ARTICLE VIII— AMENDMENTS TO THE CERTIFICATE OF INCORPORATION AND BYLAWS
(a)    Amendments to the Bylaws. In furtherance and not in limitation of the powers conferred by law, the Board of Directors is expressly authorized to make, alter, amend or repeal the bylaws of the Corporation subject to the power of the stockholders of the Corporation entitled to vote with respect thereto to make, alter, amend or repeal the bylaws of the Corporation and provided that, for so long as the Principal Stockholder has the right to designate a director for nomination to the Board of Directors pursuant to the Stockholders Agreement, the consent of the Principal Stockholder shall be required to make, alter, amend or repeal the bylaws of the Corporation; provided, that with respect to the powers of stockholders entitled to vote with respect thereto to make, alter, amend or repeal the bylaws of the Corporation, in addition to any other vote otherwise required by law, (i) the affirmative vote of the holders of at least 66 2/3% of the voting power of the outstanding shares of capital stock of the Corporation entitled to vote with respect thereto, voting together as a single class, shall be required to make, alter, amend or repeal the bylaws of the Corporation and (ii) for so long as the Principal Stockholder has the right to nominate a director to the Board of Directors pursuant to the Stockholders Agreement, the consent of the Principal Stockholder shall be required to make, alter, amend or repeal the bylaws of the Corporation.

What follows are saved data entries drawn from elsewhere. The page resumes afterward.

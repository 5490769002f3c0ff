// The best pair to contract: a vertex's ratings, bounds on them, and the choice by bounds, which is equal to the one that model defines.
#![tactic(auto)]

pub mod bounds;
pub mod join;
mod rating;
mod tops;
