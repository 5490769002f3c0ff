// The rows that a move can change: that of the moved vertex, and those of the pins of its nets that now have at most one pin in the block left or at
// most two in the block reached. In any other net of it the pins free and draw what they did, and gains of vertices without such a net are as they were.
// Vertices and nets count from 0, blocks from 1.
ghost use Rattle.std.specs.Prelude.{◌≡◌, false, ◌+◌, ◌*◌, ◌-◌, ◌<◌, length, get_or};
ghost use Rattle.index.specs.Indexed.{TablesOk};
ghost use Rattle.search_moves.specs.Lifting.{NetIn};
ghost use Rattle.near_rows.specs.Near.{PinsTo, NearOk, Mended, PinsRight, NetRight, NearRight};

use incidence::nets_of;
use index::rows::put_right;

// Makes the rows of a net's pins right.
fn put_pins_right(
    index: &mut [u16],
    gains: &[i32],
    blocks: &[u16],
    presentpins: &[u16],
    first: usize,
    size: usize,
    n: usize,
    k: usize,
)
    requires { TablesOk (length index.old) (length gains.now) blocks.now n k × PinsTo n presentpins.now first size }
    ensures { Mended gains.now blocks.now n k index.old index.new
        × PinsRight gains.now blocks.now k index.new presentpins.now first size }
{
    for j in 0..size {
        put_right(
            index,
            gains,
            blocks,
            usize::from(presentpins[first + j]) - 1,
            k,
        );
    }
}

// Whether the gains of a net's pins may have changed with a move from `s` to `t`, by the counts after it.
fn is_critical(counts: &[u16], e: usize, s: u16, t: u16) -> bool
    requires { NetIn (length counts.now) e s × NetIn (length counts.now) e t }
    ensures { result ≡ false → (1 < get_or counts.now (16 * e + (s - 1)) 0) × (2 < get_or counts.now (16 * e + (t - 1)) 0) }
{
    if counts[16 * e + (usize::from(s) - 1)] <= 1 {
        return true;
    }
    counts[16 * e + (usize::from(t) - 1)] <= 2
}

// Makes the rows of the pins of net `e` right, if their gains may have changed.
fn put_net_right(
    index: &mut [u16],
    gains: &[i32],
    counts: &[u16],
    blocks: &[u16],
    presentpins: &[u16],
    first: usize,
    size: usize,
    e: usize,
    n: usize,
    k: usize,
    s: u16,
    t: u16,
)
    requires { TablesOk (length index.old) (length gains.now) blocks.now n k × PinsTo n presentpins.now first size
        × NetIn (length counts.now) e s × NetIn (length counts.now) e t }
    ensures { Mended gains.now blocks.now n k index.old index.new
        × NetRight gains.now counts.now blocks.now presentpins.now first size e s t k index.new }
{
    if !is_critical(counts, e, s, t) {
        return;
    }
    put_pins_right(index, gains, blocks, presentpins, first, size, n, k);
}

// Makes the rows right that the move of `u` from `s` to `t` can have changed.
pub fn put_near_right(
    index: &mut [u16],
    gains: &[i32],
    counts: &[u16],
    blocks: &[u16],
    bits: &[u64],
    presentpins: &[u16],
    firsts: &[u16],
    presentsizes: &[u16],
    n: usize,
    m: usize,
    k: usize,
    u: usize,
    s: u16,
    t: u16,
)
    requires { NearOk (length index.old) (length gains.now) (length counts.now) blocks.now bits.now presentpins.now firsts.now presentsizes.now n m k u s t }
    ensures { NearRight gains.now counts.now blocks.now presentpins.now firsts.now presentsizes.now bits.now n m k u s t index.old index.new }
{
    put_right(index, gains, blocks, u, k);
    for e in nets_of(bits, u, m) {
        put_net_right(
            index,
            gains,
            counts,
            blocks,
            presentpins,
            usize::from(firsts[e]),
            usize::from(presentsizes[e]),
            e,
            n,
            k,
            s,
            t,
        );
    }
}
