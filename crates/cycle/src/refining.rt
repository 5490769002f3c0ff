// A's way back: contractions are undone, the last one first, each with a walk from the parted pair.
ghost use Rattle.std.specs.Prelude.{◌+◌, ◌-◌, ◌*◌, ◌<◌, ◌≤◌, length, ◌≡◌};
ghost use Rattle.index.specs.Indexed.{Kept};
ghost use Rattle.operations.specs.Tables.{tables};
ghost use Rattle.search_moves.specs.Rows.{RowsAre};
ghost use Rattle.cycle.specs.Refine.{PartOk, Parts, RefineOk, Refines};

use operations::joins::split;
use operations::pairs::Joins;
use search_moves::rows::{fill_rows, part_rows};
use walk::walks::{Walked, walk};

// The moves that the walks made and kept, all together, and the metric.
#[derive(Clone, Copy)]
pub struct Fine {
    pub tried: u32,
    pub kept: u32,
    pub total: u32,
}

// The sums with one more walk.
fn add_walk(f: Fine, w: Walked) -> Fine
    requires { (w.tried ≤ 1024) × (w.kept ≤ 1024) × (f.tried ≤ 1048576) × (f.kept ≤ 1048576) }
    ensures { (result.tried ≡ f.tried + w.tried) × (result.kept ≡ f.kept + w.kept) × (result.total ≡ w.total) }
{
    Fine {
        tried: f.tried + w.tried as u32,
        kept: f.kept + w.kept as u32,
        total: w.total,
    }
}

// Splits `v` from `u`, into which it was contracted last, and walks from the two. In the walk nets with more than 12 pins are marked by their
// rows; limits from 6 to 16 measured alike.
fn refine_once(
    counts: &mut [u16],
    visited: &mut [u16],
    gains: &mut [i32],
    index: &mut [u16],
    presentpins: &mut [u16],
    presentsizes: &mut [u16],
    bits: &mut [u64],
    blocks: &mut [u16],
    weights: &mut [u32],
    aboves: &mut [u16],
    loads: &mut [u64; 16],
    netweights: &[u16],
    firsts: &[u16],
    loadedsizes: &[u16],
    rows: &mut [u64; 16384],
    ceilings: &[u64; 16],
    fixedmarks: [u64; 48],
    n: usize,
    m: usize,
    k: usize,
    total: u32,
    u: usize,
    v: usize,
) -> Walked
    requires part_ok { PartOk
        (tables counts.old visited.old gains.old presentpins.old presentsizes.old bits.old blocks.old weights.old aboves.old loads.old netweights.now firsts.now loadedsizes.now n m k total)
        fixedmarks u v }
    requires n_in_bounds { 16 * n ≤ length index.old }
    requires rows_are { RowsAre rows.old presentpins.old firsts.now presentsizes.old m }
    ensures parts { Parts
        (tables counts.old visited.old gains.old presentpins.old presentsizes.old bits.old blocks.old weights.old aboves.old loads.old netweights.now firsts.now loadedsizes.now n m k total)
        ceilings.now fixedmarks u v
        (tables counts.new visited.new gains.new presentpins.new presentsizes.new bits.new blocks.new weights.new aboves.new loads.new netweights.now firsts.now loadedsizes.now n m k result.total)
        result.tried result.kept }
    ensures kept { Kept n k index.old index.new }
    ensures rows_are_2 { RowsAre rows.new presentpins.new firsts.now presentsizes.new m }
{
    split(
        counts,
        visited,
        gains,
        presentpins,
        presentsizes,
        bits,
        blocks,
        weights,
        aboves,
        netweights,
        firsts,
        loadedsizes,
        n,
        m,
        k,
        total,
        u,
        v,
    );
    part_rows(rows, bits, m, u, v);
    walk(
        counts,
        visited,
        gains,
        index,
        blocks,
        loads,
        presentpins,
        presentsizes,
        bits,
        weights,
        netweights,
        firsts,
        rows,
        12,
        ceilings,
        fixedmarks,
        n,
        m,
        k,
        total,
        u,
        v,
    )
}

// Undoes all contractions of the stack. The rows of the nets are made once, for all walks.
pub fn refine(
    counts: &mut [u16],
    visited: &mut [u16],
    gains: &mut [i32],
    index: &mut [u16],
    presentpins: &mut [u16],
    presentsizes: &mut [u16],
    bits: &mut [u64],
    blocks: &mut [u16],
    weights: &mut [u32],
    aboves: &mut [u16],
    loads: &mut [u64; 16],
    netweights: &[u16],
    firsts: &[u16],
    loadedsizes: &[u16],
    ceilings: &[u64; 16],
    fixedmarks: [u64; 48],
    n: usize,
    m: usize,
    k: usize,
    total: u32,
    stack: Joins<1024>,
) -> Fine
    requires refine_ok { RefineOk
        (tables counts.old visited.old gains.old presentpins.old presentsizes.old bits.old blocks.old weights.old aboves.old loads.old netweights.now firsts.now loadedsizes.now n m k total)
        fixedmarks stack.into stack.gone stack.len }
    requires n_in_bounds { 16 * n ≤ length index.old }
    ensures refines { Refines
        (tables counts.old visited.old gains.old presentpins.old presentsizes.old bits.old blocks.old weights.old aboves.old loads.old netweights.now firsts.now loadedsizes.now n m k total)
        ceilings.now fixedmarks stack.into stack.gone stack.len
        (tables counts.new visited.new gains.new presentpins.new presentsizes.new bits.new blocks.new weights.new aboves.new loads.new netweights.now firsts.now loadedsizes.now n m k result.total)
        result.tried result.kept }
    ensures kept { Kept n k index.old index.new }
{
    let mut f = Fine {
        tried: 0,
        kept: 0,
        total,
    };
    let mut rows = [0u64; 16384];
    fill_rows(&mut rows, presentpins, firsts, presentsizes, m);
    for i in (0..stack.len).rev() {
        let u = usize::from(stack.into[i]) - 1;
        let v = usize::from(stack.gone[i]) - 1;
        let w = refine_once(
            counts,
            visited,
            gains,
            index,
            presentpins,
            presentsizes,
            bits,
            blocks,
            weights,
            aboves,
            loads,
            netweights,
            firsts,
            loadedsizes,
            &mut rows,
            ceilings,
            fixedmarks,
            n,
            m,
            k,
            f.total,
            u,
            v,
        );
        f = add_walk(f, w);
    }
    f
}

(b)    Amendments to the Certificate of Incorporation. The Corporation reserves the right to amend, alter, change or repeal (whether directly, by the filing of a certificate of designations, powers, preferences, rights or privileges, by a Business Combination or otherwise) any provision contained in this Certificate of Incorporation in the manner now or hereafter prescribed by the DGCL, and all rights conferred upon stockholders herein are granted subject to this reservation; provided that no such amendment shall be retroactive. Notwithstanding anything to the contrary contained in this Certificate of Incorporation, (i) any such amendment, alteration, change or repeal requires the consent of the Principal Stockholder for so long as the Principal Stockholder has the right to designate a director for nomination to the Board of Directors pursuant to the Stockholders Agreement and (ii) notwithstanding that a lesser percentage may be permitted from time to time by applicable law, no provision of Article V, Article VI, paragraphs (a) and (b) of Article VII, Article VIII, Article IX and Article X may be altered, amended or repealed (whether directly, by the filing of a certificate of designations, powers, preferences, rights or privileges, by a Business Combination or otherwise) in any respect, nor may any provision or bylaw inconsistent therewith be adopted, unless, in addition to any other vote required by this Certificate of Incorporation or otherwise required by law, such alteration, amendment, repeal or adoption is approved by the affirmative vote of the holders of at least 66 2/3% of the voting power of the outstanding shares of capital stock of the Corporation entitled to vote generally in the election of directors, voting together as a single class, at a meeting of the stockholders called for that purpose.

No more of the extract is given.